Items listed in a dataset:
#####

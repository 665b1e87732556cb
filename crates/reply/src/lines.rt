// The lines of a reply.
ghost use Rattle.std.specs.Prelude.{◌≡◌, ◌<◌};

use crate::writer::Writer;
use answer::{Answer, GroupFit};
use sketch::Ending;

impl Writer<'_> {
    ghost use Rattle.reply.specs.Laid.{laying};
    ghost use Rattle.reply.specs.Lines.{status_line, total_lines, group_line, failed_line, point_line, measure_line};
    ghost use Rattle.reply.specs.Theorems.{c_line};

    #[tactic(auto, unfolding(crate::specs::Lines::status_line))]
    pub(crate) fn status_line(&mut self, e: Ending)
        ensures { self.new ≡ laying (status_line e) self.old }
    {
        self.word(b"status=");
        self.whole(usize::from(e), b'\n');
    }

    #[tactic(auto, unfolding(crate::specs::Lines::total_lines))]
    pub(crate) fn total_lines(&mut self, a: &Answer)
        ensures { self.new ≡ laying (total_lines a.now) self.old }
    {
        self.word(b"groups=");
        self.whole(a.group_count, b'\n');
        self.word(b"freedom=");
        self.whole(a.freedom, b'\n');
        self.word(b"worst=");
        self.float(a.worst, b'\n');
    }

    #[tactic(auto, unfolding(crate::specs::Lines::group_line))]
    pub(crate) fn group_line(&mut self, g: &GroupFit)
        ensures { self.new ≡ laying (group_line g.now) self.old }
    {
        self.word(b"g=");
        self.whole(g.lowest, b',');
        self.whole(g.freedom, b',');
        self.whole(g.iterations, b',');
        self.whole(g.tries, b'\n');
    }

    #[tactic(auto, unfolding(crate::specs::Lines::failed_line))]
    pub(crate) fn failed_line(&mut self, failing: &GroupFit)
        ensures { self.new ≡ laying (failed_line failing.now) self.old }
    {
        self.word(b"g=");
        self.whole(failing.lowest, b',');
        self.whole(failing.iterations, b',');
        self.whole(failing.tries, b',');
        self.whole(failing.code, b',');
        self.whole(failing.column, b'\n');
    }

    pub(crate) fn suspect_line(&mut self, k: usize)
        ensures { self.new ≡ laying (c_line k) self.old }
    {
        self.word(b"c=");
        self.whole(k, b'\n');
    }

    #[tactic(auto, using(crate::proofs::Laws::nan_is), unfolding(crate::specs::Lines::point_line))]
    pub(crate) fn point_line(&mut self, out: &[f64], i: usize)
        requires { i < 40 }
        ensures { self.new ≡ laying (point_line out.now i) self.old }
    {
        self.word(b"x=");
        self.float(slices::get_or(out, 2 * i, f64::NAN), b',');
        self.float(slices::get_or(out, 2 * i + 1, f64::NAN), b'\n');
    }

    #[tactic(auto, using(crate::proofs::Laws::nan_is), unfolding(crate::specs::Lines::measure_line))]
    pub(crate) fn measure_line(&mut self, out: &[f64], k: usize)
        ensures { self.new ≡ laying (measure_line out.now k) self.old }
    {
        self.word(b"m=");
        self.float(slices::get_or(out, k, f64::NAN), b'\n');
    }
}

#####

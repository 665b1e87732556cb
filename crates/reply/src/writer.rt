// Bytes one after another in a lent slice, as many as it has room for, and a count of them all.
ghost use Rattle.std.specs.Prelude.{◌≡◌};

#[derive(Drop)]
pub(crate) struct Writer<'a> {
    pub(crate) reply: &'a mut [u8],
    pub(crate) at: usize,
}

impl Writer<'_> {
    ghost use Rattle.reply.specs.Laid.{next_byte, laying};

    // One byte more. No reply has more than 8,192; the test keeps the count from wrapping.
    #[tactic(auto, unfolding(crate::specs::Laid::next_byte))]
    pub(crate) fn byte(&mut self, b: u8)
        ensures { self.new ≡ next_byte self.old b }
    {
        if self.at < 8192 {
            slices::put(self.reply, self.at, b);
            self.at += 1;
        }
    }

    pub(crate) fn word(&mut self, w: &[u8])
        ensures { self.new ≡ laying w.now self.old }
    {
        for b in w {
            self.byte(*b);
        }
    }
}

#####

[WORK TO COMPLETE] When a line in the data contains the string "word", copy that line.

[THE ANSWER]
        self.word(b"status=");
        self.word(b"groups=");
        self.word(b"freedom=");
        self.word(b"worst=");
        self.word(b"g=");
        self.word(b"g=");
        self.word(b"c=");
        self.word(b"x=");
        self.word(b"m=");
    pub(crate) fn word(&mut self, w: &[u8])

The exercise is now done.